DATA FOR THIS EXERCISE section start

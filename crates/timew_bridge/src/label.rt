// The tags of an interval that a task drives.
ghost use Rattle.std.specs.Prelude.{◌≡◌, IfOk, OnOk};
ghost use Rattle.std.specs.Option.{option_copied};
ghost use Rattle.std.specs.FinMap.{get};
ghost use Rattle.timew_bridge.specs.Label.{text_of, with_text, label, label_of};

use std::alloc::Global;
use std::collections::BTreeSet;
use timew_interval::Texts;
use tw_model::{TaskMap, Tasks};
use tw_text::cell;
use tw_urgency::is_tag;
use tw_world::{Memory, Text};
use uuid::Uuid;

// The text of a property by which one finds the hours of its task.
#[tactic(auto, unfolding(tw_urgency::specs::Stored::is_tag))]
fn text_of<'a>(name: &'a str, value: &'a str) -> Option<&'a str>
    ensures { option_copied result ≡ text_of (name.now, value.now) }
{
    match name {
        "description" | "project" => Some(value),
        _ => name.strip_prefix("tag_"),
    }
}

// Adds a text, with a space for each control character, to others if it is not empty.
fn put_text(alloc: Global, tags: &mut BTreeSet<Text>, text: Option<&str>) -> Result<(), Memory>
    ensures { OnOk result (tags.new.keys ≡ with_text (option_copied text.entry) tags.old.keys) }
{
    let Some(text) = text else {
        return Ok(());
    };
    let cell = cell(alloc, text)?;
    if cell.as_str().is_empty() {
        return Ok(());
    }
    let _ = tags.insert(Text::from_str(alloc, cell.as_str())?)?;
    Ok(())
}

// The description, the project and the tags of a task.
fn texts_of(alloc: Global, task: &TaskMap) -> Result<BTreeSet<Text>, Memory>
    ensures { IfOk result (λ tags. tags.keys ≡ label task.now) }
{
    let mut tags = BTreeSet::new(alloc);
    for n in 0..task.len() {
        put_text(alloc, &mut tags, text_of(task.key(n), task.value(n)))?;
    }
    Ok(tags)
}

/// The description, the project and the tags of the task of a uuid, in byte order, each once, and none that is empty.
pub fn label_of(alloc: Global, tasks: &Tasks, uuid: Uuid) -> Result<Texts, Memory>
    ensures { IfOk result (λ tags. tags ≡ label_of (get tasks.now uuid)) }
{
    let mut tags = Texts::new(alloc);
    let Some(task) = tasks.get(uuid) else {
        return Ok(tags);
    };
    for text in texts_of(alloc, task)? {
        tags.push(text)?;
    }
    Ok(tags)
}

DATA FOR THIS EXERCISE section end

> REQUIRED WORK:
Only a number is required here: the count of lines in these entries that hold "BTreeSet".

> TASK ANSWER:
4